Country, Greek, music, hip hop, all of it.

Music rocks!


----------



## BassAddict (Aug 8, 2007)

Jim said:


> 60GB and climbing.



19.5 and steady LOL..... I feel like a slacker


----------



## Jim (Aug 8, 2007)

BassAddict1976 said:


> Jim said:
> 
> 
> > 60GB and climbing.
> ...



Had 80Gb, Lost a drive (That wont happen again....ever!)


----------



## BassAddict (Aug 8, 2007)

Jim said:


> BassAddict1976 said:
> 
> 
> > Jim said:
> ...



OUCH!!! Lost baby pictures cause of a bad drive that I knew was going bad. I kept putting off moving them untill one day BLAM-O they were gone. Beat myself up for months over that bone head move.


----------



## Jim (Aug 8, 2007)

BassAddict1976 said:


> Jim said:
> 
> 
> > BassAddict1976 said:
> ...




Me too, Lost 1.5 years of pictures with my kids I cant get back. I tried everything. I cried like a baby. First day of school pics, Halloween pics, Birthday pics, First "our house pics". Sucked big time. But Im thinking about getting this, for $50 a year. https://www.carbonite.com/

I have 2 mirroed drives now Plus an external, But Im still paranoid.


----------



## BassAddict (Aug 8, 2007)

Jim said:


> BassAddict1976 said:
> 
> 
> > Jim said:
> ...




Im over being paranoid aboth loseing data, my pictures are now moved to cd and the ones i really want are printed out. I only listen to a handfull of cds out of the 400+ full cd ive downloaded so i can always rebuy the ones i listen to and download the singles that I like.


----------



## dampeoples (Aug 8, 2007)

Jimmy, there are people who specialize in finding that sort of stuff on crashed drives, if you still have it.
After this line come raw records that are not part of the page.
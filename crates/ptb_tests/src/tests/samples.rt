// This file tests samples of runs, also to writers that fail and where memory is refused.

use crate::tests::explorers::BRANCHES;
use crate::tests::shared::{expect_rows, rules, table};
use crate::tests::written_rows::{Source, Writing, Written, expect_begun};
use ptb_explore::{ExploreFault, Form, Sample, write_sample};
use ptb_text::Device;
use std::test::Fail;

// A seed, how many runs are drawn, the form of their reports, and the bound for answers instead of lines.
struct Drawn(u64, u32, Form, Option<i16>);

impl Writing for Drawn {
    fn write(&self, source: &Source, room: &mut [u8]) -> Result<u64, ExploreFault> {
        let Drawn(seed, runs, form, choose) = *self;
        let (sample, rules) = (Sample { seed, runs, form }, rules(10000, choose));
        let (program, lines) = (&source.program, source.lines.as_slice());
        write_sample(
            source.alloc,
            program,
            lines,
            rules,
            sample,
            &mut Device::new(room),
        )?;
        Ok(u64::from(runs))
    }
}

const ROLL: &str = "10 P.RND(6)";

// The words of a seed are those of the reference implementation of PCG32.
const ROWS: &[Written<Drawn>] = table! { Written:
    (ROLL, "", Drawn(7, 1, Form::Two, None), &["RUN 3/6 END 1 7\n     3\n\n"]),
    (ROLL, "", Drawn(7, 0, Form::Two, None), &[]),
    // other seeds
    (ROLL, "", Drawn(0, 2, Form::Two, None), &["RUN 6/6 END 1 7\n     6\n\n", "RUN 6/6 END 1 7\n     6\n\n"]),
    (ROLL, "", Drawn(4294967295, 2, Form::Two, None),
     &["RUN 4/6 END 1 7\n     4\n\n", "RUN 2/6 END 1 7\n     2\n\n"]),
    // runs with one answer and with two; a word that a run doesn't ask for is left to the next
    (BRANCHES, "", Drawn(7, 4, Form::Two, None),
     &["RUN 1/2 END 2 0\n\n", "RUN 1/2 END 2 0\n\n", "RUN 1/2 END 2 0\n\n", "RUN 2/2,1/3 END 4 7\n     1\n\n"]),
    // each run begins with empty variables and with the first line
    ("10 A=A+RND(6);INPUT B;P.A,B", "8\n9\n", Drawn(7, 2, Form::One, None),
     &["RUN 3 END 3 17\nB:8\n     3     8\n\n", "RUN 5 END 3 17\nB:8\n     5     8\n\n"]),
    // an answer instead of a line, no line, a fault, and no question
    ("10 INPUT A", "", Drawn(7, 2, Form::Two, Some(6)),
     &["RUN 3/6 END 1 4\nA:3\n\n", "RUN 5/6 END 1 4\nA:5\n\n"]),
    ("10 INPUT A", "", Drawn(7, 2, Form::Two, None),
     &["RUN none NOINPUT 1 2\nA:\n", "RUN none NOINPUT 1 2\nA:\n"]),
    ("10 P.1/0", "", Drawn(7, 1, Form::Two, None), &["RUN none HOW 1 15\nHOW?\n10 P.1/0?\n\n"]),
    ("", "", Drawn(7, 2, Form::Two, None), &["RUN none END 0 0\n\n", "RUN none END 0 0\n\n"]),
};

// Three rolls.
const THREE_ROLLS: Written<Drawn> = Written(
    ROLL,
    "",
    Drawn(7, 3, Form::One, None),
    &[
        "RUN 3 END 1 7\n     3\n\n",
        "RUN 5 END 1 7\n     5\n\n",
        "RUN 5 END 1 7\n     5\n\n",
    ],
);

#[test]
fn writes_samples(rt: HostRuntime) {
    expect_rows(&rt, "samples", &rt.alloc(), ROWS);
    expect_rows(&rt, "three rolls", &rt.alloc(), &[THREE_ROLLS]);
}

// Passes whichever of its allocations is refused: the sample that ends there has just the reports that
// it counts.
#[test]
fn refused_samples_end_with_a_report(rt: HostRuntime) -> Result<(), Fail> {
    expect_begun(&rt, rt.alloc(), &THREE_ROLLS)
}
I carry mine every now and again, but not much. My favorites are Tool and Fear Factory, but I listen to everything from Smashing Pumkins to Tori Amos


----------



## JustFishN (Aug 8, 2007)

I've yet to bring mine fishing. I do use it all of the time at work. (counting money can be boring) I have all kinds of stuff on mine. A lot of Kenny Chesney (every song he has ever made) then its all over the place, skynrd, some yes, foreigner, jimmy buffet, zz top, you name it lol i mean it is really all over the place. I even have some twisted sister LOL


----------



## redbug (Aug 8, 2007)

i have a 60gb ipod that I'm filling up with all sorts of music i take it out on occasion


----------



## JustFishN (Aug 8, 2007)

jeesh ... I only have a 2gb and I have a hard time filling it! I cant even imagine a 60gb lol


----------



## Nickk (Aug 9, 2007)

pbw said:


> I've thought of taking mine fishing but I like quiet time. I usually have shoutcasts on my ipod, favorite being Cartalk...


nice! I'm kind of a public radio geek :shock:


----------



## Captain Ahab (Aug 17, 2007)

Nickk said:


> pbw said:
> 
> 
> > I've thought of taking mine fishing but I like quiet time. I usually have shoutcasts on my ipod, favorite being Cartalk...
> ...



I love to listen to Click and Clack! They should host a radio fishing talk show! Hmmm, maybe I shoudl start a radio fishing show?


----------



## Jim (Aug 17, 2007)

esquired said:


> Nickk said:
> 
> 
> > pbw said:
> ...



Go for it!


----------



## Captain Ahab (Aug 17, 2007)

You are my 1st guest then! We can do a podcast for the net? What equipment do I need?


----------



## Jim (Aug 17, 2007)

esquired said:


> You are my 1st guest then! We can do a podcast for the net? What equipment do I need?



Funny, I was going to ask you the same thing! :shock:


----------



## BassAddict (Aug 17, 2007)

Id listen to it!


----------